On 12 January 2021 first batches of Covishield vaccine was despatched from the Serum Institute of India.

===Covaxin===
On 2 January 2021, BBV152 (marketed as Covaxin), first indigenous vaccine, developed by Bharat Biotech in association with the Indian Council of Medical Research and National Institute of Virology received approval from the Drug Controller General of India for its emergency or conditional usage.

On 14 January 2021 first batches of Covaxin vaccine was despatched from the Bharat Biotech, albeit it was still in the third phase of testing.

===Others===
On 19 May 2021, Dr Reddy's Labs received Emergency Use Authorisation for anti-COVID drug 2-DG. On 21 February 2022, Drugs Controller General of India granted approval to Biological E's COVID-19 vaccine Corbevax, that can be used for children between 12 and 18 years of age.

On 21 October 2021, India completed administering of one billion Covid vaccines in the country.

On 8 January 2022, India crossed 1.5 billion Covid vaccines milestone in the country.
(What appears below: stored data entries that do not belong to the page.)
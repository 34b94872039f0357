use crate::QueryFault;
use aql_io::WriteFailed;
use aql_script::LoadFault;
use aql_value::OutOfMemory;

/// Why a run ends before all lines of an answer were written.
pub(crate) enum RunFault {
    /// The program does not take the words.
    Words,
    /// A read failed.
    Read,
    /// The script has a fault.
    Script(LoadFault),
    /// The script's query has a fault.
    Query(QueryFault),
    /// A write to the output failed.
    Write,
    /// Memory ran out.
    Memory,
}

impl Drop for RunFault {
    fn drop(self) {
        match self {
            RunFault::Words
            | RunFault::Read
            | RunFault::Script(_)
            | RunFault::Query(_)
            | RunFault::Write
            | RunFault::Memory => {}
        }
    }
}

impl From<LoadFault> for RunFault {
    ghost use Rattle.std.specs.Prelude.{◌≡◌};
    ghost use Rattle.aql_top.specs.Faults.{of_load};

    ghost from_gives = { λ fault given. given ≡ of_load fault };

    fn from(fault: LoadFault) -> RunFault {
        match fault {
            LoadFault::Read => RunFault::Read,
            LoadFault::Memory => RunFault::Memory,
            LoadFault::Line { .. } | LoadFault::Limit(_) => RunFault::Script(fault),
        }
    }
}

impl From<QueryFault> for RunFault {
    ghost use Rattle.std.specs.Prelude.{◌≡◌};
    ghost use Rattle.aql_top.specs.Faults.{of_query};

    ghost from_gives = { λ fault given. given ≡ of_query fault };

    fn from(fault: QueryFault) -> RunFault {
        match &fault {
            QueryFault::Memory => RunFault::Memory,
            _ => RunFault::Query(fault),
        }
    }
}

impl From<WriteFailed> for RunFault {
    ghost use Rattle.std.specs.Prelude.{◌≡◌};
    ghost use Rattle.aql_top.specs.declared.faults.RunFault.TheVariants.{Write};

    ghost from_gives = { λ _ given. given ≡ Write };

    fn from(_: WriteFailed) -> RunFault {
        RunFault::Write
    }
}

impl From<OutOfMemory> for RunFault {
    ghost use Rattle.std.specs.Prelude.{◌≡◌};
    ghost use Rattle.aql_top.specs.declared.faults.RunFault.TheVariants.{Memory};

    ghost from_gives = { λ _ given. given ≡ Memory };

    fn from(_: OutOfMemory) -> RunFault {
        RunFault::Memory
    }
}
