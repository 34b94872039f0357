//! The script of a run.

ghost use Rattle.std.specs.Prelude.{◌≡◌, ◌≢◌, ◌⊎◌, ◌≤◌, ⊤, ℕ, Option, Some, None, IfOk, IfErr, OnOk, IfSome, MatchOption, length};
ghost use Rattle.std.specs.Io.KnownBytes.{IsAtEnd};
ghost use Rattle.aql_io.specs.Bytes.{HandsOut};
ghost use Rattle.aql_options.specs.Generated.{generated};
ghost use Rattle.aql_script.specs.Script.{IsScript, HasFault};
ghost use Rattle.aql_script.specs.declared.faults.LoadFault.{LoadFault};
ghost use Rattle.aql_top.specs.Forms.{made_or_left};
ghost use Rattle.aql_top.specs.Faults.{LeadsBy, status_of};
ghost use Rattle.aql_top.specs.Reasons.{RoseWhere};

use crate::faults::RunFault;
use aql_io::Source;
use aql_options::generate;
use aql_script::{LoadFault, Loaded, load, load_bytes};
use std::alloc::Global;

// Loads the script of the source, or one that is made.
pub(crate) fn load_script<S: Source>(
    alloc: Global,
    made: Option<u32>,
    source: &mut S,
) -> Result<Loaded, RunFault>
    requires { MatchOption made ⊤ (λ n. (1 ≤ n) × (n ≤ 100000)) }
    ensures script { IfOk result (λ l.
        IfSome (made_or_left made (S.left source.old)) (λ bytes. IsScript bytes l)) }
    ensures end { OnOk result (made ≡ None → IsAtEnd (S.left source.new)) }
    ensures quiet { OnOk result (S.faults source.new ≡ S.faults source.old) }
    ensures leads { IfErr result
        (λ fault. LeadsBy fault (made_or_left made (S.left source.old))) }
    ensures reads { IfErr result (λ fault.
        RoseWhere (status_of fault ≡ 6) (S.faults source.old) (S.faults source.new)) }
    ensures within { IfErr result (λ fault. status_of fault ≡ 6
        → HandsOut (S.left source.old) (S.left source.new) (λ taken. length taken ≤ 67108864)) }
    ensures early { IfErr result (λ fault. status_of fault ≢ 7) }
    ensures unread { (n : ℕ) → made ≡ Some n → source.new ≡ source.old }
    ensures no_read { IfErr result (λ fault. status_of fault ≡ 6 → made ≡ None) }
{
    match made {
        None => load_source(alloc, source),
        Some(n) => load_made(alloc, n),
    }
}

// Loads the script of the source.
#[tactic(auto, using(crate::proofs::Loading::load_leads, crate::proofs::Loading::load_reads, crate::proofs::Loading::load_status, crate::proofs::Loading::whole_script, crate::proofs::Loading::load_within))]
fn load_source<S: Source>(alloc: Global, source: &mut S) -> Result<Loaded, RunFault>
    ensures script { IfOk result
        (λ l. IfSome (S.left source.old) (λ bytes. IsScript bytes l)) }
    ensures end { OnOk result (IsAtEnd (S.left source.new)) }
    ensures quiet { OnOk result (S.faults source.new ≡ S.faults source.old) }
    ensures leads { IfErr result (λ fault. LeadsBy fault (S.left source.old)) }
    ensures reads { IfErr result (λ fault.
        RoseWhere (status_of fault ≡ 6) (S.faults source.old) (S.faults source.new)) }
    ensures within { IfErr result (λ fault. status_of fault ≡ 6
        → HandsOut (S.left source.old) (S.left source.new) (λ taken. length taken ≤ 67108864)) }
    ensures early { IfErr result (λ fault. status_of fault ≢ 7) }
{
    Ok(load(alloc, source)?)
}

// Makes a script, and loads it.
#[tactic(auto, using(crate::proofs::Loading::made_leads, crate::proofs::Loading::made_status))]
fn load_made(alloc: Global, n: u32) -> Result<Loaded, RunFault>
    requires { (1 ≤ n) × (n ≤ 100000) }
    ensures script { IfOk result (IsScript (generated n)) }
    ensures leads { IfErr result (λ fault. LeadsBy fault (Some (generated n))) }
    ensures early { IfErr result (λ fault. (status_of fault ≢ 6) × (status_of fault ≢ 7)) }
{
    let bytes = generate(alloc, n)?;
    Ok(load_bytes(alloc, &bytes)?)
}
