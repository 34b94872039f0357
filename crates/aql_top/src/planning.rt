//! The plan that is chosen for the query of a script.

ghost use Rattle.std.specs.Prelude.{◌≤◌, IfOk, OnOk, IfErr};
ghost use Rattle.aql_top.specs.Forms.{HasQuery};
ghost use Rattle.aql_top.specs.inner.Ready.{IsReady};
ghost use Rattle.aql_top.specs.Faults.{HasNoLines};

use crate::faults::RunFault;
use crate::read_query;
use aql_build::initial_plan;
use aql_build::laws::scoping_gives_it;
use aql_build::limits::text_limits_end;
use aql_opt::{Optimised, optimise};
use aql_options::Settings;
use aql_plan::Facts;
use aql_script::Loaded;
use aql_shard::laws::facts_fit;
use aql_shard::{Servers, split};
use aql_value::Names;
use std::alloc::Global;

/// The plan that is chosen for a query, with the names of its variables, what is known of the
/// collections, and the servers that hold their documents.
#[derive(Drop)]
pub(crate) struct Planned {
    pub(crate) chosen: Optimised,
    pub(crate) names: Names,
    pub(crate) facts: Facts,
    pub(crate) servers: Servers,
}

/// Plans the query of a script, whose documents the servers of the settings take.
#[tactic(auto, using(crate::proofs::Answering::refused))]
pub(crate) fn plan_query(
    alloc: Global,
    script: Loaded,
    settings: &Settings,
) -> Result<Planned, RunFault>
    requires { settings.now.servers ≤ 16 }
    ensures query { OnOk result (HasQuery script) }
    ensures ready { IfOk result (IsReady settings.now script) }
    ensures none { IfErr result (λ fault. HasNoLines script fault) }
{
    let scoped = read_query(alloc, script.query.as_str(), &script.catalog)?;
    script.catalog.recall_limits();
    let Loaded { catalog, query: _ } = script;
    let servers = split(alloc, catalog, settings.servers)?;
    let facts = servers.facts(alloc)?;
    facts_fit();
    scoping_gives_it();
    text_limits_end();
    let plan = initial_plan(alloc, scoped.query, &facts)?;
    let chosen = optimise(alloc, plan, &settings.rules, &facts)?;
    Ok(Planned {
        chosen,
        names: scoped.names,
        facts,
        servers,
    })
}
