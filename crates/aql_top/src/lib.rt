//! The top call: all that the program does. From the text of a query to the scoped query, or the
//! first cause of a refusal.
#![tactic(auto)]

mod faults;
mod output;
mod planning;
mod printing;
mod query_faults;
mod reading;
mod scripts;
mod shell;
mod texts;

pub use query_faults::QueryFault;
pub use reading::read_query;
pub use shell::run_shell;
pub use texts::query_fault_text;
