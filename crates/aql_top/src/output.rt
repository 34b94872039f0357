//! From a loaded script to what is printed of it.

ghost use Rattle.std.specs.Prelude.{◌≡◌, ◌≢◌, ◌⊎◌, ◌≤◌, true, [], List, ℕ, IfOk, OnOk, IfErr};
ghost use Rattle.aql_plan.specs.View.{plan_tree};
ghost use Rattle.aql_show.specs.PlanText.{plan_text};
ghost use Rattle.aql_shard.specs.Datasets.{stock};
ghost use Rattle.aql_engine.specs.Engine.{CanRun};
ghost use Rattle.aql_top.specs.Forms.{HasQuery};
ghost use Rattle.aql_top.specs.Output.{IsOutput, run_text};
ghost use Rattle.aql_top.specs.inner.Ready.{Added};
ghost use Rattle.aql_top.specs.Faults.{HasNoLines};
ghost use Rattle.aql_top.specs.declared.faults.RunFault.TheVariants.{Memory};

use crate::faults::RunFault;
use crate::planning::{Planned, plan_query};
use crate::printing::run_text;
use aql_engine::Engine;
use aql_net::Schedule;
use aql_opt::Optimised;
use aql_options::Settings;
use aql_plan::Plan;
use aql_script::Loaded;
use aql_shard::Servers;
use aql_show::plan_text;
use aql_value::OutOfMemory;
use std::alloc::Global;
use std::mem;

/// What is printed of a script: the text of the plan that is chosen for its query, or what the run
/// of this plan by the engine gives; or the fault where there is none.
pub(crate) fn output<G: Engine<Schedule>>(
    alloc: Global,
    script: Loaded,
    settings: &Settings,
    engine: &mut G,
) -> Result<Vec<u8>, RunFault>
    requires batch { (1 ≤ settings.now.batch) × (settings.now.batch ≤ 10000) }
    requires servers { settings.now.servers ≤ 16 }
    ensures query { OnOk result (HasQuery script) }
    ensures output { IfOk result (λ text. IsOutput settings.now script
        (G.entries engine.old) (G.entries engine.new) text.items) }
    ensures none { IfErr result (λ fault. HasNoLines script fault) }
    ensures idle { IfErr result (λ fault. fault ≢ Memory → engine.new ≡ engine.old) }
    ensures at_most { (G.entries engine.new ≡ G.entries engine.old)
        ⊎ ((text : List ℕ) × IsOutput settings.now script
        (G.entries engine.old) (G.entries engine.new) text) }
    ensures not_run { settings.now.explain ≡ true → engine.new ≡ engine.old }
{
    let planned = plan_query(alloc, script, settings)?;
    if settings.explain {
        return Ok(explain(alloc, &planned)?);
    }
    let Planned {
        chosen,
        servers,
        ..
    } = planned;
    let Optimised { plan, .. } = chosen;
    Ok(run_on(alloc, servers, plan, settings, engine)?)
}

// The text of a plan.
fn explain(alloc: Global, planned: &Planned) -> Result<Vec<u8>, OutOfMemory>
    ensures { IfOk result (λ text. text.items ≡ plan_text planned.now.names planned.now.facts
        (plan_tree planned.now.chosen.plan) planned.now.chosen.applied planned.now.chosen.cost) }
{
    let Planned {
        chosen,
        names,
        facts,
        ..
    } = planned;
    plan_text(
        alloc,
        &chosen.plan,
        names,
        facts,
        &chosen.applied,
        chosen.cost,
    )
}

// Has the engine run a plan over the documents of servers, and gives what is printed of its entry.
fn run_on<G: Engine<Schedule>>(
    alloc: Global,
    mut servers: Servers,
    plan: Plan,
    settings: &Settings,
    engine: &mut G,
) -> Result<Vec<u8>, OutOfMemory>
    requires batch { (1 ≤ settings.now.batch) × (settings.now.batch ≤ 10000) }
    requires plan { CanRun (stock servers) plan }
    ensures added { IfOk result (λ text. (added : Added settings.now (stock servers) plan
        (G.entries engine.old) (G.entries engine.new))
        × (text.items ≡ run_text settings.now added.adds.ran)) }
    ensures at_most { (G.entries engine.new ≡ G.entries engine.old)
        ⊎ Added settings.now (stock servers) plan (G.entries engine.old) (G.entries engine.new) }
{
    let before = engine.held().len();
    let mut schedule = Schedule::new(settings.schedule);
    engine.run(alloc, plan, &mut servers, &mut schedule, settings.batch)?;
    // the program ends soon, and the system then takes all documents back at once
    mem::forget(servers);
    match engine.held().get(before) {
        Some(ran) => run_text(alloc, settings, ran),
        None => unreachable!(),
    }
}
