//! What is printed of a run.

ghost use Rattle.std.specs.Prelude.{◌≡◌, ◌++◌, [], IfOk, OnOk, ℕ, cond, string_bytes};
ghost use Rattle.aql_net.specs.LogText.{log_text};
ghost use Rattle.aql_top.specs.Forms.{answer_text};
ghost use Rattle.aql_top.specs.Output.{run_text, rows_text, stats_text};

use aql_block::Tally;
use aql_engine::Ran;
use aql_net::{LogEntry, log_text};
use aql_options::Settings;
use aql_value::{Items, OutOfMemory, write_json};
use std::alloc::Global;

// The lines of the values, or their size, and then the log and the counts where they are asked for.
pub(crate) fn run_text(
    alloc: Global,
    settings: &Settings,
    ran: &Ran,
) -> Result<Vec<u8>, OutOfMemory>
    ensures { IfOk result (λ text. text.items ≡ run_text settings.now ran.now) }
{
    let mut text = rows_text(alloc, settings.generate, &ran.values)?;
    add_log(alloc, settings.trace, ran.log.as_slice(), &mut text)?;
    add_counts(alloc, settings.stats, &ran.tally, &mut text)?;
    Ok(text)
}

fn add_log(
    alloc: Global,
    wanted: bool,
    log: &[LogEntry],
    text: &mut Vec<u8>,
) -> Result<(), OutOfMemory>
    ensures { OnOk result
        (text.new.items ≡ text.old.items ++ cond wanted (log_text log.now) []) }
{
    if !wanted {
        return Ok(());
    }
    let lines = log_text(alloc, log)?;
    text.extend_from_slice(&lines)?;
    Ok(())
}

fn add_counts(
    alloc: Global,
    wanted: bool,
    tally: &Tally,
    text: &mut Vec<u8>,
) -> Result<(), OutOfMemory>
    ensures { OnOk result
        (text.new.items ≡ text.old.items ++ cond wanted (stats_text tally.now) []) }
{
    if !wanted {
        return Ok(());
    }
    let line = stats_line(alloc, tally)?;
    text.extend_from_slice(line.as_bytes())?;
    Ok(())
}

fn rows_text(alloc: Global, generate: Option<u32>, values: &Items) -> Result<Vec<u8>, OutOfMemory>
    ensures { IfOk result (λ text. text.items ≡ rows_text generate values.now) }
{
    let lines = lines(alloc, values)?;
    match generate {
        None => Ok(lines),
        Some(_) => {
            let (rows, bytes) = (values.len(), lines.len());
            let text = format!(in alloc; "rows {rows}\nbytes {bytes}\n")?;
            Ok(text.into_bytes())
        }
    }
}

fn stats_line(alloc: Global, tally: &Tally) -> Result<String, OutOfMemory>
    ensures { IfOk result (λ line. string_bytes line ≡ stats_text tally.now) }
{
    let Tally {
        scanned_full,
        scanned_index,
        filtered,
    } = *tally;
    Ok(format!(in alloc;
        "stats scannedFull={scanned_full} scannedIndex={scanned_index} filtered={filtered}\n"
    )?)
}

// The lines of a list of values.
fn lines(alloc: Global, values: &Items) -> Result<Vec<u8>, OutOfMemory>
    ensures { IfOk result (λ text. text.items ≡ answer_text values.now) }
{
    let mut text = Vec::new(alloc);
    for value in values.as_slice() {
        write_json(value, &mut text)?;
        text.push(b'\n')?;
    }
    Ok(text)
}
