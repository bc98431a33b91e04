//! Laws of the logic. Each function here does nothing: its contract is the law.
ghost use Rattle.dcv_logic.specs.Laws.{SomeBetweenIsThere, EachBetweenIsEvery, SomeTrackIsThere};
ghost use Rattle.dcv_logic.specs.Laws.{TrackHasEachInstant, TrackHasItsValues, CountFromCounts, CountBetweenCounts};
ghost use Rattle.dcv_logic.specs.Laws.{RunInWords, EveryInWords, ChopOfOne, ChopInWords, StarInWords, StarBoundIsFree};
ghost use Rattle.dcv_logic.specs.Laws.{SomewhereInWords, EverywhereInWords, ExistsInWords, ForAllInWords};

/// A search is true exactly where what it searches for is there.
pub fn searches_find()
    ensures some { SomeBetweenIsThere }
    ensures each { EachBetweenIsEvery }
    ensures track { SomeTrackIsThere }
{}

/// A track has the value at each instant of the behaviour.
pub fn tracks_have_values()
    ensures length { TrackHasEachInstant }
    ensures values { TrackHasItsValues }
{}

/// The counts of `scount` and `sdur` are of the instants that have the proposition.
pub fn counts_count()
    ensures from { CountFromCounts }
    ensures between { CountBetweenCounts }
{}

/// The forms whose meaning is a search over instants, each in the words of the logic.
pub fn forms_in_words()
    ensures run { RunInWords }
    ensures every { EveryInWords }
    ensures one { ChopOfOne }
    ensures chop { ChopInWords }
    ensures star { StarInWords }
    ensures bound { StarBoundIsFree }
    ensures somewhere { SomewhereInWords }
    ensures everywhere { EverywhereInWords }
{}

/// The quantifiers range over all lists of truths as long as the behaviour.
pub fn quantifiers_in_words()
    ensures exists { ExistsInWords }
    ensures for_all { ForAllInWords }
{}
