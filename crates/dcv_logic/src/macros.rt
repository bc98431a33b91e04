// Which macro a name stands for.
ghost use Rattle.std.specs.Prelude.{◌≢◌, MatchOption};
ghost use Rattle.std.specs.List.{AllByRecursion};
ghost use Rattle.dcv_logic.specs.Newest.{IsNewest};

use dcv_syntax::{Macro, Text};

/// The last macro of the name, which hides those before it, and these.
pub fn newest<'a>(macros: &'a [Macro], name: &Text) -> Option<(&'a Macro, &'a [Macro])>
    ensures { MatchOption result
        (AllByRecursion (λ m. m.name.text ≢ name.now) macros.now)
        (λ found. IsNewest macros.now name.now found.0.now found.1.now) }
{
    let mut earlier = macros;
    while let Some((last, before)) = earlier.split_last() {
        if last.name.text == *name {
            return Some((last, before));
        }
        earlier = before;
    }
    None
}
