impl<'a> Sight<'a> {
    // The measure of the quantified name.
    fn bound(&self, name: &Text) -> Option<MacroMeasure>
        ensures { result ≡ option_map capped_macro (found (quantified_leaves self.now.quantified.items) name.now) }
    {
        let is_bound = self.quantified.iter().any(|other| other.text == *name);
        is_bound.then_some(leaf())
    }

    // The argument for which the parameter of that name stands.
    fn parameter(&self, name: &Text) -> Option<MacroMeasure>
        ensures { result ≡ option_map capped_macro (found (parameters_from 0 self.now.parameters.now) name.now) }
    {
        let place = self
            .parameters
            .iter()
            .position(|parameter| parameter.text == *name)?;
        Some(MacroMeasure::argument(place))
    }

    // The measure of the declared variable.
    fn variable(&self, name: &Text) -> Option<MacroMeasure>
        ensures { result ≡ option_map capped_macro (found (leaves self.now.declared.now) name.now) }
    {
        let is_declared = self.declared.iter().any(|other| other.text == *name);
        is_declared.then_some(leaf())
    }

    // A quantified name hides a parameter, and a parameter a declared variable.
    #[tactic(auto, using(crate::proofs::LookUps::found_in_turn))]
    fn named(&self, name: &Text) -> Option<MacroMeasure>
        ensures { result ≡ option_map capped_macro (found (linear_in_sight self.now).names name.now) }
    {
        self.bound(name)
            .or(self.parameter(name))
            .or(self.variable(name))
    }

    // The measure of the macro of that name, the newest first.
    fn called(&self, name: &Text) -> Option<MacroMeasure>
        requires measured { IsMeasured self.now }
        ensures { result ≡ option_map capped_macro (found (linear_in_sight self.now).macros name.now) }
    {
        for place in (0..self.macros.len()).rev() {
            if self.macros[place].name.text == *name {
                return Some(self.measures[place]);
            }
        }
        None
    }

    // The measure of a proposition.
    #[cycle(props)]
    #[tactic(auto, using(crate::proofs::LinearRows::rows))]
    fn prop(&self, prop: &Prop) -> Result<Box<MacroMeasure>, AllocError>
        requires measured { IsMeasured self.now }
        ensures { IfOk result (λ measure. measure.value ≡ capped_macro
            (linear_of_prop (linear_in_sight self.now) (plain_prop_kind prop.now.kind))) }
    {
        match &prop.kind {
            PropKind::Constant(_) => alone(self.alloc),
            PropKind::Call(name, arguments) => self.use_of(name, arguments),
            PropKind::Not(operand) => Ok(below(self.prop(operand)?, 1, 1, 0)),
            PropKind::Joined(_, operands) => Ok(below(self.prop_operands(operands)?, 1, 1, 0)),
            PropKind::Implies(premise, conclusion) => {
                let refuted = below(self.prop(premise)?, 1, 1, 0);
                Ok(below(both(refuted, self.prop(conclusion)?), 1, 1, 0))
            }
            PropKind::Shifted(_, _, operand) => Ok(below(self.prop(operand)?, 1, 1, 0)),
        }
    }

    #[inline(never)]
    #[cycle(props)]
    fn prop_operands(&self, operands: &[PropOperand]) -> Result<Box<MacroMeasure>, AllocError>
        requires measured { IsMeasured self.now }
        ensures { IfOk result (λ measure. measure.value ≡ capped_macro (all_in_turn (λ (o : PropOperand). linear_of_prop
            (linear_in_sight self.now) (plain_prop_kind o.prop.kind)) (constant nothing) operands.now)) }
    {
        let none = MacroMeasure::constant(Measure::nothing());
        let mut all = Box::new(self.alloc, none)?;
        for operand in operands {
            let measure = self.prop(&operand.prop)?;
            all = both(all, measure);
        }
        Ok(all)
    }

    // A name where a proposition is asked for, with these arguments.
    #[inline(never)]
    #[cycle(props)]
    fn use_of(&self, name: &Name, arguments: &[Prop]) -> Result<Box<MacroMeasure>, AllocError>
        requires measured { IsMeasured self.now }
        ensures { IfOk result (λ measure. let sight = linear_in_sight self.now in measure.value ≡ capped_macro (linear_of_name
            (found sight.names name.now.text) (found sight.macros name.now.text)
            (map (λ (p : Prop). linear_of_prop sight (plain_prop_kind p.kind)) arguments.now))) }
    {
        match self.named(&name.text) {
            Some(named) => Ok(Box::new(self.alloc, named)?),
            None => self.call(name, arguments),
        }
    }

    // A macro at these arguments.
    #[cycle(props)]
    fn call(&self, name: &Name, arguments: &[Prop]) -> Result<Box<MacroMeasure>, AllocError>
        requires measured { IsMeasured self.now }
        ensures { IfOk result (λ measure. let sight = linear_in_sight self.now in measure.value ≡ capped_macro (linear_of_macro
            (found sight.macros name.now.text)
            (map (λ (p : Prop). linear_of_prop sight (plain_prop_kind p.kind)) arguments.now))) }
    {
        match self.called(&name.text) {
            Some(called) => self.expanded(called, arguments),
            None => alone(self.alloc),
        }
    }

    // What a macro measures at these arguments.
    #[cycle(props)]
    fn expanded(
        &self,
        called: MacroMeasure,
        arguments: &[Prop],
    ) -> Result<Box<MacroMeasure>, AllocError>
        requires measured { IsMeasured self.now }
        ensures { IfOk result (λ measure. measure.value ≡ capped_macro (linear_at called
            (map (λ (p : Prop). linear_of_prop (linear_in_sight self.now) (plain_prop_kind p.kind)) arguments.now))) }
    {
        let own = MacroMeasure::constant(called.own);
        let mut whole = Box::new(self.alloc, own)?;
        for place in 0..MOST_PARAMETERS {
            whole = self.with_argument(whole, called.shares[place], arguments, place)?;
        }
        Ok(whole)
    }

    // What an argument adds, of which the macro has this share.
    #[cycle(props)]
    fn with_argument(
        &self,
        whole: Box<MacroMeasure>,
        share: Option<Share>,
        arguments: &[Prop],
        place: usize,
    ) -> Result<Box<MacroMeasure>, AllocError>
        requires measured { IsMeasured self.now }
        requires capped { whole.value ≡ capped_macro whole.value }
        ensures { IfOk result (λ measure. measure.value ≡ capped_macro (linear_with whole.value share (first_linear (drop place
            (map (λ (p : Prop). linear_of_prop (linear_in_sight self.now) (plain_prop_kind p.kind)) arguments.now))))) }
    {
        match share {
            Some(share) => {
                let argument = self.argument(arguments, place)?;
                Ok(both(whole, shared(argument, share)))
            }
            None => Ok(whole),
        }
    }

    // The argument at a place. One that is missing, as none is in a well-named file, counts as one node.
    #[cycle(props)]
    fn argument(&self, arguments: &[Prop], place: usize) -> Result<Box<MacroMeasure>, AllocError>
        requires measured { IsMeasured self.now }
        ensures { IfOk result (λ measure. measure.value ≡ capped_macro (first_linear (drop place
            (map (λ (p : Prop). linear_of_prop (linear_in_sight self.now) (plain_prop_kind p.kind)) arguments.now)))) }
    {
        if place < arguments.len() {
            self.prop(&arguments[place])
        } else {
            alone(self.alloc)
        }
    }
}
On 19 February 2022, India crossed 1.75 billion Covid vaccines milestone in the country.

==Vaccination==
On 12 January 2021, a consignment of 3.64 lakh doses of Oxford-AstraZeneca's Covishield vaccine arrived in Hyderabad from Pune. Along with 3.64 lakh doses of Covishield, manufactured by Serum Institute of India, the Telangana Health department has received 20,000 doses of Bharat Biotech's Covaxin on 13 January 2021. S Kistamma, a female sanitation worker at the Gandhi Hospital in Secunderabad, became the first person in Telangana to receive the COVID-19 vaccination on the morning of 16 January 2020.